Work required: In the records below, pick out all lines containing the word "target".

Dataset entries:
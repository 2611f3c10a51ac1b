//! The parser of C-- (C-- Language Specification 2.0, syntax).
//!
//! `parse` answers the unit that tokens derive within the limits on nesting; or the token that no unit goes on with; or the first token
//! that passes a limit in a unit. `specs/Faults` says so in the terms of the grammar of `cmm_grammar`. It is written by recursion, with one
//! token in hand: each method of `Parser` is proved to answer what the reader of the same name in `cmm_grammar` answers (`specs/inside/Parsing`),
//! and there it is proved what these promise. Time is linear in the tokens, a node of the tree is made once, and recursion is as deep as the
//! limits on nesting allow.
//!
//! - `unit`: `parse`, units and their sections. `declaration`, `procedure`, `datum`: what these hold.
//! - `statement`: blocks. `part`, `target`, `call`, `case`: what holds no block.
//! - `expression`, `types`, `operators`: expressions.
//! - `parser`, `token`, `bracket`, `list`: the state, one token, the limits, lists.
//! - `fault`: why tokens are no unit.
#![tactic(auto)]

mod bracket;
mod call;
mod case;
mod datum;
mod declaration;
mod expression;
mod fault;
mod list;
mod operators;
mod parser;
mod part;
mod procedure;
mod statement;
mod target;
mod token;
mod types;
mod unit;

pub use fault::SyntaxFault;
pub use unit::parse;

Task response:
//! - `statement`: blocks. `part`, `target`, `call`, `case`: what holds no block.
mod target;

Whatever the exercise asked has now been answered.